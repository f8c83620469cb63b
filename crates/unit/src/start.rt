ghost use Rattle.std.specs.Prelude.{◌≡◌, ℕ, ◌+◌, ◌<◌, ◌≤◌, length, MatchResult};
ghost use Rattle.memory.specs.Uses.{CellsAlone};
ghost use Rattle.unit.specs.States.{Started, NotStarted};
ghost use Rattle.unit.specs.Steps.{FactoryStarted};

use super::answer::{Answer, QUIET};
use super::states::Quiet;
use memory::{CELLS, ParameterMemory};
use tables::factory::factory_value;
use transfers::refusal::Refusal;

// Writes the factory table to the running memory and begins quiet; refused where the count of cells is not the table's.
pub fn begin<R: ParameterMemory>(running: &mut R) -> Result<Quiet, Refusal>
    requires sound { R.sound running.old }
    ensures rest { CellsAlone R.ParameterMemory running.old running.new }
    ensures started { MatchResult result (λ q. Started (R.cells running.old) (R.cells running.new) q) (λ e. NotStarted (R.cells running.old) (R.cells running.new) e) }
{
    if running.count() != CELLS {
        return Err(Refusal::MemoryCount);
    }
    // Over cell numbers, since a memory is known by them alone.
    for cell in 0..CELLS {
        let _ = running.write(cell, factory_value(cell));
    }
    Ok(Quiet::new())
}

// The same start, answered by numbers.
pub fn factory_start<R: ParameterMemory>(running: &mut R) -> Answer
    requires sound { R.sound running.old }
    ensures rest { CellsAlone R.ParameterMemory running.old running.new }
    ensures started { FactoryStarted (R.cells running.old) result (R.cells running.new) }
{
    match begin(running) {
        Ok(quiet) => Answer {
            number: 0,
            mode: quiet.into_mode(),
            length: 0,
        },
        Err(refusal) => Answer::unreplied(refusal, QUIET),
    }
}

* * *

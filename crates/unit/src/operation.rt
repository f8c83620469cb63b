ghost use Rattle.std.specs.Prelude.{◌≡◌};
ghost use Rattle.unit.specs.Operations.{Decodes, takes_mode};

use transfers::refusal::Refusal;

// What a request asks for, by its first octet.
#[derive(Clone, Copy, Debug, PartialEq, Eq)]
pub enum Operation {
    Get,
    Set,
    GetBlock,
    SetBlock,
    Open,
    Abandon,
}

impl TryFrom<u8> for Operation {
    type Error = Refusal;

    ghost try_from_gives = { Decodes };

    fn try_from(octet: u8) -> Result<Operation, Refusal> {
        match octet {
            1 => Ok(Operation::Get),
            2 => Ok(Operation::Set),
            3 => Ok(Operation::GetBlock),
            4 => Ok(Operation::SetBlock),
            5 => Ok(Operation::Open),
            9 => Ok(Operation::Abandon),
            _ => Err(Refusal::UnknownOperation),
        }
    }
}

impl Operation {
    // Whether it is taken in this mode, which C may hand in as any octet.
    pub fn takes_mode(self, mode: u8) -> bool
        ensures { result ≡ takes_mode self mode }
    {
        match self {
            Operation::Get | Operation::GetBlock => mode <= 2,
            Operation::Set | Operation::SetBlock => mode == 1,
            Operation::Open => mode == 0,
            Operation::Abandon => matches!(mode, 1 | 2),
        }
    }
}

==

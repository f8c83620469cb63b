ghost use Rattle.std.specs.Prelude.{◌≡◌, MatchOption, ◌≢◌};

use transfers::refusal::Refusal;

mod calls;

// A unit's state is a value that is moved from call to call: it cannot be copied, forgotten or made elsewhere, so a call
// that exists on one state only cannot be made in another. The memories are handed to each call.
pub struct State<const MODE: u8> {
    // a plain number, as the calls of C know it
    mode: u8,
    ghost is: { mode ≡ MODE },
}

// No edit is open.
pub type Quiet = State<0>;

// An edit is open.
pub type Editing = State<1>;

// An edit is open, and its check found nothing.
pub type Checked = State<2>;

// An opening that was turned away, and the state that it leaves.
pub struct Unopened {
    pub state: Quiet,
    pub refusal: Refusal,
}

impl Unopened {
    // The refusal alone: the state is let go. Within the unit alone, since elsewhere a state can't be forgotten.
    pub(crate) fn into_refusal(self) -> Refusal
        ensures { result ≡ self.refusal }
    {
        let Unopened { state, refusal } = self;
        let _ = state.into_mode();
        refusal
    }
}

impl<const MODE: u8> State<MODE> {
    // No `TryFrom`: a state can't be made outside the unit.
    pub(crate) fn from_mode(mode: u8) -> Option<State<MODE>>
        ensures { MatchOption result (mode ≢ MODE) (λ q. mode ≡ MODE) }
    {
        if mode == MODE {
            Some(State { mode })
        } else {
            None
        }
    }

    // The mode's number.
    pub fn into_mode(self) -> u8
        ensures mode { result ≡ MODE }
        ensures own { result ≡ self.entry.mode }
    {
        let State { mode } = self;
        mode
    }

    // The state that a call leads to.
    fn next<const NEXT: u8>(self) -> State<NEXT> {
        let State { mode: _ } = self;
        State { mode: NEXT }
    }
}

◆ **Exercise requirements**: Wherever "made" turns up in the records, copy the whole line.

◆ **Response to the task**:
// A unit's state is a value that is moved from call to call: it cannot be copied, forgotten or made elsewhere, so a call
// that exists on one state only cannot be made in another. The memories are handed to each call.
    // No `TryFrom`: a state can't be made outside the unit.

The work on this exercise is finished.